In September, the national rhythmic gymnastics training center in Switzerland was dissolved, and athletes such as Chiariello had to train at regional centers. This was due to the fallout of the Magglingen Protocols, which was the result of an investigation following accusations of physical and psychological abuse by national team coaches in 2020; the report found that many of the gymnasts were verbally abused, and some also suffered physical violence. However, unlike the national training center, the regional centers did not have sprung floors, and Chiariello and other athletes continued their training on hard floors. The Swiss Gymnastics Federation was alerted to the risks of having gymnasts training without sprung floors in 2018 and again in April 2021 but did not take action.

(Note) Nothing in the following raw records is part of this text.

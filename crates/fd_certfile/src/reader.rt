// A reader of a certificate, block by block.
ghost use Rattle.std.specs.Prelude.{◌≡◌, ◌+◌, ◌<◌, ◌^◌, ◌&&◌, ◌∷◌, [], length, map};
ghost use Rattle.std.specs.Cmp.Lexicographic.{pointwise};
ghost use Rattle.fd_certfile.specs.Blocks.{acts_at, is_place};
ghost use Rattle.fd_certfile.specs.Certificates.{behind_first, version_in};
ghost use Rattle.fd_certfile.specs.Lines.{lines_of};
ghost use Rattle.fd_certfile.specs.Reader.{FindsAhead, GivesNext, IsAheadOf, IsFinished, IsOpened, Passes, finish_of, given_at, is_headed};
ghost use Rattle.fd_certfile.specs.Rounds.{act_of};
ghost use Rattle.fd_certfile.specs.Rules.{same_act};

use crate::ahead::{Ahead, Head, read_block};
use crate::block::Part;
use crate::claim::claimed;
use crate::claimed_acts::acts_are;
use crate::ending::{is_end, is_ended, is_solution};
use crate::fault::{CertFileFault, Stop};
use crate::line::read_line;
use crate::row::is_place;
use crate::version::{Version, version_named};
use fd_lines::cut;
use fd_settle::{Act, Certified, Limits, NetworkRows, Rule, Solver, shared};
use std::alloc::{AllocError, Global};
use std::marker::Model;
use std::rc::Rc;

/// What a block claims: of each unknown and its row in order, and the entries of an inverse, a row for each unknown and a
/// column for each row, row by row, in units of 2^-40. Nothing is said of their range.
#[derive(Debug, Drop)]
pub struct Claimed {
    pub parts: Vec<Part>,
    pub cells: Vec<i128>,
}

// A block that was given: the bytes from its acts on, and the number of the line behind its inverse.
#[derive(Clone, Copy, Debug, Drop)]
struct Given<'a> {
    acts: &'a [u8],
    rule_line: u64,
}

/// Reads a certificate of either version block by block. It holds the bytes by reference, and of a block that was given only where its
/// acts stand. Contracts see the version, the lines that are left, the number of the next one, the numbers of the block that is due,
/// and of each block that was given its acts and the line behind its inverse.
#[derive(Debug, Drop)]
pub struct CertReader<'a> {
    version: Version,
    rest: &'a [u8],
    line: u64,
    number: u32,
    hour: u32,
    round: u64,
    given: Vec<Given<'a>>,
}

impl<'a> Model for CertReader<'a> {
    ghost use Rattle.std.specs.Prelude.{◌+◌, ◌^◌, ◌≤◌, length, map};
    ghost use Rattle.fd_certfile.specs.Lines.{lines_of};
    ghost use Rattle.fd_certfile.specs.Reader.{ReaderView, viewed};

    ghost Value = { ReaderView };

    ghost view = { λ r. viewed r.version (lines_of r.rest.now) r.line r.number r.hour r.round r.given.items };

    ghost invariant = { λ r. (r.line + length (lines_of r.rest.now) ≤ 2 ^ 63 + 1) × (r.round ≤ r.line) };
}

impl<'a> CertReader<'a> {
    /// A reader behind the first line, which expects solution 1 of hour 0. Takes no memory.
    ///
    /// # Errors
    /// `Refused` as grammar at line 1 exactly where the first line names no version.
    pub fn open(alloc: Global, bytes: &'a [u8]) -> Result<CertReader<'a>, CertFileFault>
        ensures { IsOpened result (version_in (lines_of bytes.now)) (behind_first (lines_of bytes.now)) }
    {
        // read for its length alone, which bounds the number of lines
        let _length = bytes.len();
        match cut(bytes, b'\n') {
            Some((text, rest)) => {
                let Some(version) = version_named(&read_line(text)) else {
                    return Err(CertFileFault::Refused {
                        line: 1,
                        rule: Rule::Grammar,
                    });
                };
                Ok(CertReader {
                    version,
                    rest,
                    line: 2,
                    number: 1,
                    hour: 0,
                    round: 0,
                    given: Vec::new(alloc),
                })
            }
            None => Err(CertFileFault::Refused {
                line: 1,
                rule: Rule::Grammar,
            }),
        }
    }

    /// Tells which settle comes next. Its rounds count from 0.
    pub fn begin(&mut self, number: u32, hour: u32)
        ensures { self.new ≡ record self.old { number = number; hour = hour; round = 0 } }
    {
        self.number = number;
        self.hour = hour;
        self.round = 0;
    }

    // Whether these are the numbers of the block that is due.
    fn is_due(&self, size: u32, head: &Head) -> bool
        ensures { result ≡ is_headed self.now size head.now }
    {
        is_place(u128::from(self.number), head.number)
            && is_place(u128::from(self.hour), head.hour)
            && is_place(u128::from(self.round), head.round)
            && is_place(u128::from(size), head.size)
    }

    // What stands next, where it is a block with the numbers that are due; else the line and the rule that is broken.
    fn ahead(&self, alloc: Global, size: u32) -> Result<Ahead<'a>, CertFileFault>
        ensures { FindsAhead self.now size result }
    {
        // read for its length alone, which bounds the number of lines
        let _length = self.rest.len();
        if is_ended(self.rest) {
            return Err(CertFileFault::Refused {
                line: self.line,
                rule: Rule::Count,
            });
        }
        match read_block(alloc, self.version, size, self.rest) {
            Ok(ahead) => {
                if self.is_due(size, &ahead.head) {
                    return Ok(ahead);
                }
                Err(CertFileFault::Refused {
                    line: self.line,
                    rule: Rule::Size,
                })
            }
            Err(Stop::Refused { behind }) => Err(CertFileFault::Refused {
                line: self.line + behind as u64,
                rule: Rule::Grammar,
            }),
            Err(Stop::NoMemory) => Err(CertFileFault::NoMemory),
        }
    }

    // Moves behind the next block, which has so many unknowns and so many lines: the bytes from its acts on, and those
    // behind it.
    fn pass(
        &mut self,
        size: u32,
        acts: &'a [u8],
        rest: &'a [u8],
        lines: u128,
    ) -> Result<(), AllocError>
        requires { IsAheadOf self.old size (acts_at (lines_of acts.now)).0 (lines_of rest.now) lines }
        ensures { Passes self.old size result self.new }
    {
        self.given.push(Given {
            acts,
            rule_line: self.line + 1 + 2 * u64::from(size),
        })?;
        self.rest = rest;
        self.line += lines as u64;
        self.round += 1;
        Ok(())
    }

    /// The next block, which has so many unknowns, and behind it the reader expects the next round.
    ///
    /// # Errors
    /// `Refused` as count at the line `end`, where that comes next; else as grammar at the first line that the grammar
    /// refuses or misses; else as size at the solution line, where it has other numbers than those that are due. It and
    /// `NoMemory` leave the reader as it was. Storage is taken only for the size that is due.
    pub fn next_block(&mut self, alloc: Global, size: u32) -> Result<Claimed, CertFileFault>
        ensures { GivesNext self.old size result self.new }
    {
        let ahead = self.ahead(alloc, size)?;
        let cells = ahead.cells.to_numbers(alloc)?;
        self.pass(size, ahead.acts, ahead.rest, ahead.lines)?;
        Ok(Claimed {
            parts: ahead.parts,
            cells,
        })
    }

    /// How many blocks were given.
    pub fn given(&self) -> u64
        ensures { result ≡ length self.now.given }
    {
        self.given.len() as u64
    }

    /// Whether the acts of a block that was given, counted from 0, have the times, controls and steps of these, in
    /// order. Takes no memory.
    pub fn acts_hold(&self, block: u64, acts: &[Act]) -> bool
        requires { block < length self.now.given }
        ensures { result ≡ pointwise same_act (map act_of acts.now) (given_at self.now block).acts }
    {
        acts_are(self.given[block as usize].acts, acts)
    }

    /// The line behind the inverse of a block that was given, counted from 0. The rules on its acts name it.
    pub fn rule_line(&self, block: u64) -> u64
        requires { block < length self.now.given }
        ensures { result ≡ (given_at self.now block).rule_line }
    {
        self.given[block as usize].rule_line
    }

    /// How many blocks were given, where nothing but the line `end` is left. Takes no memory.
    ///
    /// # Errors
    /// `Refused` as grammar at the line behind `end`, where one follows it; as count at a solution line, which begins a
    /// block that is left; as grammar at any other line, or where none is left.
    pub fn finish(&self) -> Result<u64, CertFileFault>
        ensures { IsFinished result (finish_of self.now) }
    {
        let Some((text, rest)) = cut(self.rest, b'\n') else {
            return Err(CertFileFault::Refused {
                line: self.line,
                rule: Rule::Grammar,
            });
        };
        let line = read_line(text);
        if is_end(&line) {
            if rest.is_empty() {
                return Ok(self.given.len() as u64);
            }
            return Err(CertFileFault::Refused {
                line: self.line + 1,
                rule: Rule::Grammar,
            });
        }
        if is_solution(&line) {
            return Err(CertFileFault::Refused {
                line: self.line,
                rule: Rule::Count,
            });
        }
        Err(CertFileFault::Refused {
            line: self.line,
            rule: Rule::Grammar,
        })
    }
}

impl<'a> Solver for CertReader<'a> {
    type Fault = CertFileFault;

    ghost use Rattle.fd_certfile.specs.Solving.{GivesSolved};

    ghost gives = { λ before limits v answer after. GivesSolved v before answer after };

    /// What the next block claims, where it has the network's size and the rules on what it claims hold; behind it the
    /// reader expects the next round. The limits are not looked at. The claim and its boxes are tested before the reader
    /// moves on.
    ///
    /// # Errors
    /// `Refused` as `next_block` refuses; else as range, mismatch, bound or radius at the line of the first unknown that
    /// breaks the rule. It and `NoMemory` leave the reader as it was.
    fn solve(
        &mut self,
        alloc: Global,
        net: &NetworkRows,
        _limits: &Limits,
    ) -> Result<Rc<Certified>, CertFileFault> {
        let size = net.size();
        let ahead = match self.ahead(alloc, size) {
            Ok(ahead) => ahead,
            Err(fault) => return Err(fault),
        };
        let cells = ahead.cells;
        match claimed(alloc, net, size, &ahead.parts, cells)? {
            Ok(certified) => {
                let state = shared(alloc, certified)?;
                self.pass(size, ahead.acts, ahead.rest, ahead.lines)?;
                Ok(state)
            }
            Err(broken) => Err(CertFileFault::Refused {
                line: self.line + 1 + u64::from(broken.place),
                rule: broken.rule,
            }),
        }
    }
}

Chiariello began to spend some of her time training at home in the bedroom she shared with her sister; she also trained in a regional training hall that had ceilings too low for the high throws required in rhythmic gymnastics.

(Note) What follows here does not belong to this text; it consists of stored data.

//! The text of certificates: what is written for a round, and how it is read again.
//!
//! A round is written as the lines of its block, which are read again as exactly that block and as nothing else,
//! whatever lines that are no acts follow (`write_block`). `CertReader` gives the blocks of a certificate one after
//! another: exactly the next one where it is in the grammar and has the numbers that are due, and else exactly the line
//! and the rule that is broken. It reads in one pass, holds the bytes by reference, and takes storage only for the size
//! that is due; its other calls take no memory. As a `Solver` it gives the certified state that the next block claims,
//! where the rules hold of it on the network (`solve`), so a settle over it takes its states from the text. The bytes may
//! come from anyone.
//!
//! That what is written is read as exactly that, that a refused line is the first with which no block begins, that the
//! rule which is named is the first that is broken, that a block for which the rules hold makes a sound claim, and that
//! bytes have exactly one answer, are laws of the definitions.
//!
//! - `grammar`: laws of the grammar
//! - `rule`: laws of the rules, and of what a certificate comes to
//! - `texts`: the texts of rows, and of the first and the last line
//! - `write`: the lines of a round
//! - `upgrades`: a certificate brought over to version 2
//! - `version`: the versions
//! - `line`: a line
//! - `cells`: numbers in 64 bits, and beside them those that need more
//! - `row`: a row of an inverse, read into cells
//! - `block`: unknowns, rows and acts of a block
//! - `ahead`: a block that is read ahead
//! - `claim`: the claim that a block's numbers are read as, tested on a network
//! - `claimed_acts`: the acts of a block beside those that were made
//! - `ending`: whether a certificate ends
//! - `reader`: the reader
//! - `fault`: why a certificate is refused
#![tactic(auto)]

mod ahead;
mod block;
mod cells;
mod claim;
mod claimed_acts;
mod ending;
mod fault;
mod grammar;
mod line;
mod reader;
mod row;
mod rule;
mod texts;
mod upgrades;
mod version;
mod write;

pub use block::Part;
pub use fault::CertFileFault;
pub use grammar::{
    block_cases, block_law, certificate_law, line_law, row_law, sparse_rows, text_law,
};
pub use reader::{CertReader, Claimed};
pub use rule::{
    answers_law, given_law, rule_cases, rule_law, solving_law, sound_law, verdict_cases,
};
pub use texts::{end_record, header_record};
pub use upgrades::{upgrade, upgrade_law};
pub use version::Version;
pub use write::write_block;

// Handed on from the crates below.
pub use fd_lines::{Found, LibFault, Library, Record, Sink, SinkFault, emit, number_law};
pub use fd_settle::{
    Act, Ball, CapProbe, CapState, CertFault, Certified, Dense, Entry, Limits, Measured, Network,
    NetworkRows, Point, Queue, RegProbe, RegState, Round, Rows, Rule, Solver, Verdict,
    bank_verdict, boxed, certify, ready, regulator_verdict, shared,
};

In October, Chiariello competed at the Aura Cup in Zagreb, where she won the silver medal in ball behind Ketevan Arbolishvili. This was the first medal won by a Swiss gymnast at an international tournament sanctioned by the International Gymnastics Federation.

=== 2022 season ===
Chiariello competed at her first European Championships in June. She performed all four routines without dropping her apparatus, but she did not reach the all-around final. She placed 36th, the best result for an individual Swiss gymnast in over 20 years. Although she suffered from pain due to a stress fracture in her foot - estimated by a physician to be her third or fourth - she continued to train. The fracture was caused by training on hard floors rather than sprung ones.

She was selected to compete at the World Championships in Sofia, Bulgaria, in October. It was the first time a Swiss individual rhythmic gymnast would be competing at the World Championships since 1991. Chiariello said that she was pleased to able to compete there, though she also noted that most of her competitors there had more favorable training circumstances. She estimated that they generally trained about fifteen hours per week more than her and in turn spent less time at school, and she mentioned the continuing issue with the lack of training halls with high ceilings and sprung floors as a problem that was both causing health issues for Swiss gymnasts and holding them back technically compared to their competitors in other countries. At the Championships, she performed cleanly with hoop and ball but dropped her apparatus in her clubs exercise. She did not qualify for the all-around final, but she said that she was satisfied with her performance.

=== 2023 season ===
Chiariello did not compete in 2023 due to her foot injury.

=== 2024 season ===
In April 2024, she returned to competition by entering the Unity Cup in Poland. There, she won the gold medal in the all-around. In early June, she competed at the Swiss National Championships and placed fifth in the all-around. Later in June, she competed at the Grand Prix stage in Brno, where she finished in 18th place in the all-around.

Chiariello was elected to a new athletes' commission for the Swiss Gymnastics Federation in December as the representative for rhythmic gymnastics.

=== 2025 season ===
In March, Chiariello competed at the Aphrodite Cup in Athens. Despite dropping her apparatus in three of her four routines, she placed the best of the Swiss gymnasts in the all-around and finished in 21st. Chiariello said, "The last few months have been a challenge, but this result shows that the hard work has paid off." The event was one of two used to select the competitors for the 2025 European Championships. The second selection event was the MTM Tournament in Ljubljana, held in April. Chiariello scored less than half a point less than her sister, Sophia Carlotta, though she did not compete for a ranking. It was announced afterward that Chiariello, along with Lauren Grüniger, had been selected to compete at the European Championships.

Later in April, she competed at the World Cup in Baku along with her sister. In the all-around, Chiariello ranked just ahead of her sister in 38th place.

At the European Championships in June, she ranked 39th in the all-around qualifications.